A estratégia estadunidense já não aposta em Estados fortes, que cumpriram um papel de contenção do avanço do campo socialista na Guerra Fria. Os atuais golpes querem que as margens de decisão política se tornem cada vez mais estreitas e possam ser exercidas somente se não afetarem as bases determinantes da política e economia. Estados fracos e aprisionados na blindagem do neoliberalismo. Desenvolvem um novo formato repressivo no qual a criminalização busca sempre construir uma vala comum: a improbidade.

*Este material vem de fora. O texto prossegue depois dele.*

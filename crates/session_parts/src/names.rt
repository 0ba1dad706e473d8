// What the arguments of a call stand for.
ghost use Rattle.std.specs.Prelude.{◌≡◌, ◌≤◌, length, map, take, vec_capacity, IsOk, OnOk};
ghost use Rattle.trace_format.specs.Content.{arg_content};
ghost use Rattle.replay_model.specs.Past.{argument_in, arguments_in};
ghost use Rattle.session_tables.specs.Shown.{args_shown};
ghost use Rattle.session_parts.specs.Scratch.{FitLists, KeepLists};

use crate::scratch::add_lists;
use object_model::Argument;
use session_tables::NamedTable;
use std::alloc::AllocError;
use trace_format::{Name, TraceArg};

fn argument(names: &NamedTable, name: Option<Name>) -> Argument
    ensures { result ≡ argument_in names.now.names name }
{
    match name {
        None => Argument::Null,
        Some(name) => match names.object_named(name) {
            None => Argument::Unborn,
            Some(object) => Argument::The(object),
        },
    }
}

/// Puts what the names in the places of a parameter stand for in place of what stood there.
pub fn put_places(
    names: &NamedTable,
    at: &[Option<Name>],
    places: &mut Vec<Argument>,
) -> Result<(), AllocError>
    ensures places { OnOk result (places.new.items ≡ map (argument_in names.now.names) at.now) }
    ensures room { vec_capacity places.old ≤ vec_capacity places.new }
    ensures succeeds { length at.now ≤ vec_capacity places.old → IsOk result }
{
    places.clear();
    for name in at {
        places.push(argument(names, *name))?;
    }
    Ok(())
}

/// Puts what the arguments of a call stand for in the first lists, in place of what stood there. Where there are lists enough, and each has
/// room, this takes no memory.
pub(crate) fn put_first(
    names: &NamedTable,
    args: &[TraceArg],
    all: &mut Vec<Vec<Argument>>,
) -> Result<(), AllocError>
    ensures count { OnOk result (length args.now ≤ length all.new.items) }
    ensures args { OnOk result (args_shown (take (length args.now) all.new.items) ≡ arguments_in names.now.names (map arg_content args.now)) }
    ensures room { KeepLists (map (λ v. vec_capacity v) all.old.items) (map (λ v. vec_capacity v) all.new.items) }
    ensures succeeds { FitLists (map (λ v. vec_capacity v) all.old.items) (map (λ a. a.names) (map arg_content args.now)) → IsOk result }
{
    add_lists(args.len(), all)?;
    for (k, arg) in args.iter().enumerate() {
        put_places(names, &arg.names, &mut all[k])?;
    }
    Ok(())
}
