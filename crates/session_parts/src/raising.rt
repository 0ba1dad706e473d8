// Which results of a call are born, and how those of a skipped one come up.
ghost use Rattle.std.specs.Prelude.{◌≡◌, ◌≤◌, ◌+◌, ◌++◌, ℕ, List, drop, length, map, true, vec_capacity, IsOk, OnOk};
ghost use Rattle.command_tables.specs.Calls.{CallContent};
ghost use Rattle.layer_model.specs.Walks.{is_guarded, leave_parts};
ghost use Rattle.chain_model.specs.Simulated.{born_flags};
ghost use Rattle.terminator.specs.Calls.{born_where};
ghost use Rattle.dispatch_chain.specs.Holding.{IsHeldOf};
ghost use Rattle.dispatch_chain.specs.Room.{AllHaveBirths, KeepUses};
ghost use Rattle.dispatch_chain.specs.Seats.{kinds_of};

use command_tables::NoMemory;
use dispatch_chain::{DispatchTable, Held, LayerStates, results_are_once, walk_leave};
use replay_model::Born;
use std::alloc::AllocError;
use trace_format::Name;

// Flags each result that is born.
fn flag_born(made: &[Born], flags: &mut Vec<u64>) -> Result<(), AllocError>
    ensures flags { OnOk result (flags.new.items ≡ flags.old.items ++ map (λ _. 1) made.now) }
    ensures count { OnOk result (length flags.new.items ≡ length flags.old.items + length made.now) }
    ensures room { vec_capacity flags.old ≤ vec_capacity flags.new }
    ensures succeeds { length flags.old.items + length made.now ≤ vec_capacity flags.old → IsOk result }
{
    for _ in made {
        flags.push(1)?;
    }
    Ok(())
}

// A lost result has no flag.
fn flag_lost(lost: &[Name], flags: &mut Vec<u64>) -> Result<(), AllocError>
    ensures flags { OnOk result (flags.new.items ≡ flags.old.items ++ map (λ _. 0) lost.now) }
    ensures count { OnOk result (length flags.new.items ≡ length flags.old.items + length lost.now) }
    ensures room { vec_capacity flags.old ≤ vec_capacity flags.new }
    ensures succeeds { length flags.old.items + length lost.now ≤ vec_capacity flags.old → IsOk result }
{
    for _ in lost {
        flags.push(0)?;
    }
    Ok(())
}

/// The results that are lost, where these are born.
#[tactic(auto, using(std::proofs::lemmas::List::drop_all))]
pub fn lost_results<'a>(results: &'a [Name], made: &[Born]) -> &'a [Name]
    ensures { result.now ≡ drop (length made.now) results.now }
{
    if made.len() < results.len() {
        &results[made.len()..]
    } else {
        &[]
    }
}

/// Which results are born, in place of what stood there.
#[tactic(auto, using(crate::proofs::Rising::flags_so))]
pub fn put_flags(made: &[Born], lost: &[Name], flags: &mut Vec<u64>) -> Result<(), AllocError>
    ensures born { OnOk result (born_where flags.new.items ≡ born_flags made.now lost.now) }
    ensures count { OnOk result (length flags.new.items ≡ length made.now + length lost.now) }
    ensures room { vec_capacity flags.old ≤ vec_capacity flags.new }
    ensures succeeds { length made.now + length lost.now ≤ vec_capacity flags.old → IsOk result }
{
    flags.clear();
    flag_born(made, flags)?;
    flag_lost(lost, flags)
}

/// Lost results of a skipped call come up to the parts that it had come to. `results` is any memory for them.
#[tactic(auto, using(crate::proofs::Rising::lost_all))]
pub fn raise_lost(
    table: &DispatchTable,
    states: &mut LayerStates,
    thread: u32,
    held: &Held,
    lost: &[Name],
    results: &mut Vec<u64>,
) -> Result<(), NoMemory>
    requires table { table.now.rows ≡ kinds_of states.old.kept }
    requires guarded { is_guarded states.old.kept ≡ true }
    ensures states { OnOk result ((forms : List CallContent) → IsHeldOf held.now (kinds_of states.old.kept) forms → states.new.kept ≡ (leave_parts thread states.old.kept forms (map (λ _. 0) lost.now)).states) }
    ensures succeeds { length lost.now ≤ vec_capacity results.old → AllHaveBirths (length lost.now) states.old.rooms → IsOk result }
    ensures births { OnOk result ((n : ℕ) → AllHaveBirths (n + length lost.now) states.old.rooms → AllHaveBirths n states.new.rooms) }
    ensures uses { OnOk result (KeepUses states.old.rooms states.new.rooms) }
    ensures room { vec_capacity results.old ≤ vec_capacity results.new }
    ensures kinds { kinds_of states.new.kept ≡ kinds_of states.old.kept }
{
    results.clear();
    flag_lost(lost, results)?;
    results_are_once();
    walk_leave(table, states, thread, held, results)
}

Apoiando-se centralmente no aparato judiciário, o novo tipo de repressão evita prisões em razão de lutas sociais, buscando criminalizar lutadores populares e seus aliados em crimes comuns, em especial a corrupção. As formas vão sendo aperfeiçoadas a cada nova megaoperação da Polícia Federal. Superdimensionamento de brechas efetivamente existentes, seletividade no tratamento, mecanismos institucionais de coação de testemunhas e outros acusados, teoria do domínio do fato, destruição pública da imagem, construção da narrativa de desmonte de “uma imensa teia de corrupção que sangrava o país”. Um amplo arsenal que vai se consolidando através de parcelas do Poder Judiciário, alimentado pela mídia, que ao ter cumprido suas tarefas centrais – impeachment de Dilma e prisão de Lula –, pode prosseguir mesmo enfrentando baixa popularidade, fazendo que nossos meios usuais de denúncia, escrachos e atos públicos tenham pouca ou quase nenhuma eficácia.
Este novo formato repressivo, se complementa com medidas que esvaziam as fontes de custeio do movimento sindical, como o fim abrupto da contribuição compulsória. Da noite para o dia, centenas de direções sindicais assistem o desmonte de sua estrutura, lançando-se desesperadamente na sobrevivência de seus aparatos, em detrimento da resistência ao golpe.
Evidente que prosseguirá a repressão clássica, criminalizando lutas e militantes, bem como um estímulo a grupos reacionários e possíveis ações paramilitares. Impulsionada pelo discurso fascistizante de ódio, alimentado no bojo do fortalecimento ideológico de grupos de extrema direita, seremos obrigados a pautar o tema da autodefesa para lidar com ataques cada vez mais ousados.
Sem compreender a dinâmica e a profundidade da ofensiva em curso, seguiremos tratando o golpe como um episódio superável, seguindo na mesma lógica de um período anterior, sem compreender as mudanças em curso.